» Data provided:

-----

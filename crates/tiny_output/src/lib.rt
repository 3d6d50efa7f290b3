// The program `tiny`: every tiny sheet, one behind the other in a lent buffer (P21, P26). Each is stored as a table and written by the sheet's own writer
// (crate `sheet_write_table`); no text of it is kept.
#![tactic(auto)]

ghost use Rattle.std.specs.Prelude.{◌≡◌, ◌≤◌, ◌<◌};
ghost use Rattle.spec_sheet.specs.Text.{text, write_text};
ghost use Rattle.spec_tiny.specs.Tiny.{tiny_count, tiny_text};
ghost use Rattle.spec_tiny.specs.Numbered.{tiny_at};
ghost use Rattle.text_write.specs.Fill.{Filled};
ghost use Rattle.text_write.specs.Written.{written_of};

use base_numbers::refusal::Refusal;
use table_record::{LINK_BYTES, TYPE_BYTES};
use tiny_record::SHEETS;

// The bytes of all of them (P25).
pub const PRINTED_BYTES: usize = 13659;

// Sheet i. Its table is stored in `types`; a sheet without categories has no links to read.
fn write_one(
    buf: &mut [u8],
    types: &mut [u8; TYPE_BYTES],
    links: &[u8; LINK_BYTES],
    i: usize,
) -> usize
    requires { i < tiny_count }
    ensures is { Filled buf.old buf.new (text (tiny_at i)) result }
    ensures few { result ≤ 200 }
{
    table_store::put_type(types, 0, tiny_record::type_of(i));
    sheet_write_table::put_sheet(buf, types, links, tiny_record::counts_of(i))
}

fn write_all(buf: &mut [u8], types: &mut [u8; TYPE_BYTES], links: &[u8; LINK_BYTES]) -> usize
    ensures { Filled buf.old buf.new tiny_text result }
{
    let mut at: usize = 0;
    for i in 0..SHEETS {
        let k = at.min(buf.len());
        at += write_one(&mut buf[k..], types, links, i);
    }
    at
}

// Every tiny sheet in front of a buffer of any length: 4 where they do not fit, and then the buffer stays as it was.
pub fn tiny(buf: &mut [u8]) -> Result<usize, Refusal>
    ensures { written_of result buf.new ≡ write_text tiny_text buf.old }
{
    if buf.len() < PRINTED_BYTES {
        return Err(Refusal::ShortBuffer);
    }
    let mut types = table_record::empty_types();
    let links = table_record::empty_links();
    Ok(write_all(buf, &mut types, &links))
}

-----

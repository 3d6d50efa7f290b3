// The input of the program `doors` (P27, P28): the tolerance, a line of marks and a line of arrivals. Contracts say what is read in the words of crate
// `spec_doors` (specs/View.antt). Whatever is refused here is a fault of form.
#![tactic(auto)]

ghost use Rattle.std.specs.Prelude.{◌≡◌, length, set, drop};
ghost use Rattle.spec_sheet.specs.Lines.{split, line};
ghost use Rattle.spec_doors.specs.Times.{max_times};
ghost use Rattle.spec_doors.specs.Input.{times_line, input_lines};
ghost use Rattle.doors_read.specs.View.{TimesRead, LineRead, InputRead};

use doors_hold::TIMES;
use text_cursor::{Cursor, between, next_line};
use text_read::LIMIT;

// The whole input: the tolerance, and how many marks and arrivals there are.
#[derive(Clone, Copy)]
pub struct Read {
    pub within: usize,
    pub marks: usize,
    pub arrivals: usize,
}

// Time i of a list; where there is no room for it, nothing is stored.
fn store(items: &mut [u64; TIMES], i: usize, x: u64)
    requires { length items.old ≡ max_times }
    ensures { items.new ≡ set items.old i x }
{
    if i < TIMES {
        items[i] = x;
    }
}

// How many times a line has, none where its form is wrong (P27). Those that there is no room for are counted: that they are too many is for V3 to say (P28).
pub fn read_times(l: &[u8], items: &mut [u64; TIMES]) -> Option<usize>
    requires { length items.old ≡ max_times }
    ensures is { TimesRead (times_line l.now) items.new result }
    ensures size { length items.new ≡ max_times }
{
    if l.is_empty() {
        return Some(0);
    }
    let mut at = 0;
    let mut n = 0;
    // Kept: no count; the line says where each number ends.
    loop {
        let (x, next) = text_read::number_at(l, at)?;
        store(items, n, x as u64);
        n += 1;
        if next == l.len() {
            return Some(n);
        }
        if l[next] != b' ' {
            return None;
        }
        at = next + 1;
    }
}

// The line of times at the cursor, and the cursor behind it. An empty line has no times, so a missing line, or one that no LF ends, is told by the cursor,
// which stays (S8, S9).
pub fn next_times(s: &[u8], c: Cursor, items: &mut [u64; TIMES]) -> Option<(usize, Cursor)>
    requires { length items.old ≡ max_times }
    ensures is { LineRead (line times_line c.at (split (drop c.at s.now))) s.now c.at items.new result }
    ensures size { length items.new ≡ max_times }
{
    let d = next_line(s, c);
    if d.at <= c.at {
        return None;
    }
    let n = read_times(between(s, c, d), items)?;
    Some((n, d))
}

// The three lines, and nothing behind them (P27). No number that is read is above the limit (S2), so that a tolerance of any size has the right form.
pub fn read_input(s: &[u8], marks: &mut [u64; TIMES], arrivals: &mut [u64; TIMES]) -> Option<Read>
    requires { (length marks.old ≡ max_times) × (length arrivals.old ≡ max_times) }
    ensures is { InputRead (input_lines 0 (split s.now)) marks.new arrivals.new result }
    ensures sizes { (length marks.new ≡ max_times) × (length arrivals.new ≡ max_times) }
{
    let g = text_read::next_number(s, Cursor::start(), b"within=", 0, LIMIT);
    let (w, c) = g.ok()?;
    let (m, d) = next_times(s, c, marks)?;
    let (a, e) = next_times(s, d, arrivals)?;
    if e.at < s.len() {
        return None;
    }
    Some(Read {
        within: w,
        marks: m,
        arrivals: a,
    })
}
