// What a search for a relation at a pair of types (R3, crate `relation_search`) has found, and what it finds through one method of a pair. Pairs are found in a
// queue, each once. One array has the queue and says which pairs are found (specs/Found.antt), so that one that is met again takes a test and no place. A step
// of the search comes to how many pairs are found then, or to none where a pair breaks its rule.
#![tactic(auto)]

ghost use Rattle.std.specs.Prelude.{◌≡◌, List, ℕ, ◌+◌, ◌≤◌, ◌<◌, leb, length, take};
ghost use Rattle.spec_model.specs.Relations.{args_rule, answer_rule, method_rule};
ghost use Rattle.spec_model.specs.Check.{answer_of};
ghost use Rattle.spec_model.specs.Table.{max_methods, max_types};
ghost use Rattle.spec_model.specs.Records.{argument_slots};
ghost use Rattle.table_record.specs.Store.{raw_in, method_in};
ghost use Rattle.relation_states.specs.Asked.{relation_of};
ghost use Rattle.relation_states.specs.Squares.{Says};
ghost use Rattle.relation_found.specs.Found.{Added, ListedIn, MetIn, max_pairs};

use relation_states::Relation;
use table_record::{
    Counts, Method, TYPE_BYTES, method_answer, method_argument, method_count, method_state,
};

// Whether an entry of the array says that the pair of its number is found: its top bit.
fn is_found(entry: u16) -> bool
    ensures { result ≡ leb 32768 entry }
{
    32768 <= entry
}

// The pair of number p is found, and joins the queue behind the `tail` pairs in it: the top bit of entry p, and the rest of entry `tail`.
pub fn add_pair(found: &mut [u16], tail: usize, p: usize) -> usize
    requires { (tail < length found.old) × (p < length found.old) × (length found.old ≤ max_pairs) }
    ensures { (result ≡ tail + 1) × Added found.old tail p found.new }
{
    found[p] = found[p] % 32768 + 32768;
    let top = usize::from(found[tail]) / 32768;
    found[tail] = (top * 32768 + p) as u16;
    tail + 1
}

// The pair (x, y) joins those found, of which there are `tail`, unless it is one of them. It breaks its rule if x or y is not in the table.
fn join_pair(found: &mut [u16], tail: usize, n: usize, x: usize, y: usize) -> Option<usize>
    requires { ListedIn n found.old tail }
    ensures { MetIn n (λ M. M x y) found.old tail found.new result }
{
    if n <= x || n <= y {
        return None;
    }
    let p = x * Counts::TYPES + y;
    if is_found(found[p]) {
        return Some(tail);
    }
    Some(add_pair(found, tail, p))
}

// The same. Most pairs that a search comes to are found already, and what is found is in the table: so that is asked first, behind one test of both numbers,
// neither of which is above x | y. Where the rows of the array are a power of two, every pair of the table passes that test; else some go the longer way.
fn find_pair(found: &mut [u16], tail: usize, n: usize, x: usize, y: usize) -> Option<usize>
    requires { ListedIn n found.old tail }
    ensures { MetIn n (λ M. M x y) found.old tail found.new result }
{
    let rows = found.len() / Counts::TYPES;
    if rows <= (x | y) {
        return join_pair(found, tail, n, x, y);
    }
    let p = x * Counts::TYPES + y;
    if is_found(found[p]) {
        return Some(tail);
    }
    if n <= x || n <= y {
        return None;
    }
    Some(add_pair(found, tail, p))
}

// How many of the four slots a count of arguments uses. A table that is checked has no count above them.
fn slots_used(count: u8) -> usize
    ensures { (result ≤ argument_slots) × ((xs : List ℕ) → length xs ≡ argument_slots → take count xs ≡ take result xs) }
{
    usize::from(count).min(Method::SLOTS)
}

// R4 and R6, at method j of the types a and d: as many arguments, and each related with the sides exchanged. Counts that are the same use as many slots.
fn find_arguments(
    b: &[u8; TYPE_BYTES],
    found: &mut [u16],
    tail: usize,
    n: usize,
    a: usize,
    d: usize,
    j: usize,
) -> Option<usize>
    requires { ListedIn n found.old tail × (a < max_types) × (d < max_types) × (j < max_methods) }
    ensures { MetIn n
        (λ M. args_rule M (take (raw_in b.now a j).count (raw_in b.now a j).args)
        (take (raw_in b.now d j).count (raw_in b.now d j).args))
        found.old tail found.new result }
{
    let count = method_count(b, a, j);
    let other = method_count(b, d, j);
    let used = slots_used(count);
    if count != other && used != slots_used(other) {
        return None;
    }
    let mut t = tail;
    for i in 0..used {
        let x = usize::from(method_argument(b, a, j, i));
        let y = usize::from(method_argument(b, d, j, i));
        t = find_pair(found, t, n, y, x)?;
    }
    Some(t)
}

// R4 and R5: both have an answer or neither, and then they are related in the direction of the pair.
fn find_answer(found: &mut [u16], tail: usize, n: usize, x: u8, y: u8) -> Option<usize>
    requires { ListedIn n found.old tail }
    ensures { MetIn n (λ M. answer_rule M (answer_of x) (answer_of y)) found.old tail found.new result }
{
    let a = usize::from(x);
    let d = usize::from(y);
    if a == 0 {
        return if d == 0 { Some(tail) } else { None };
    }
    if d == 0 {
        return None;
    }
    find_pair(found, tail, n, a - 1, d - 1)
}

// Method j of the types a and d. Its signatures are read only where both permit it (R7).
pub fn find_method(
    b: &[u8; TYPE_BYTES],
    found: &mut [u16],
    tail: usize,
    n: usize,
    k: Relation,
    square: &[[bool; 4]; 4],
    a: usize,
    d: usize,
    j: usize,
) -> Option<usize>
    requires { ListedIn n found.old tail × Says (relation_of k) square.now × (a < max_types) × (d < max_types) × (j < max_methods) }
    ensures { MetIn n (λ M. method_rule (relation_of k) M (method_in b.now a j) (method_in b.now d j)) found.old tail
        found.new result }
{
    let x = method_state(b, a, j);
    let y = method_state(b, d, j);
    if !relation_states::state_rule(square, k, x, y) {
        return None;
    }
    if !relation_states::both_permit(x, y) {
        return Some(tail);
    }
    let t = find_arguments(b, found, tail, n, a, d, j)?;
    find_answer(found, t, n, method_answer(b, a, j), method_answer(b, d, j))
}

-----

In the entries above, find the line holding "pair of number" and the line holding "let top = usize::from(found[tail])"; print both of them and every line between, exactly, and nothing else.

» Output of the exercise:
// The pair of number p is found, and joins the queue behind the `tail` pairs in it: the top bit of entry p, and the rest of entry `tail`.
pub fn add_pair(found: &mut [u16], tail: usize, p: usize) -> usize
    requires { (tail < length found.old) × (p < length found.old) × (length found.old ≤ max_pairs) }
    ensures { (result ≡ tail + 1) × Added found.old tail p found.new }
{
    found[p] = found[p] % 32768 + 32768;
    let top = usize::from(found[tail]) / 32768;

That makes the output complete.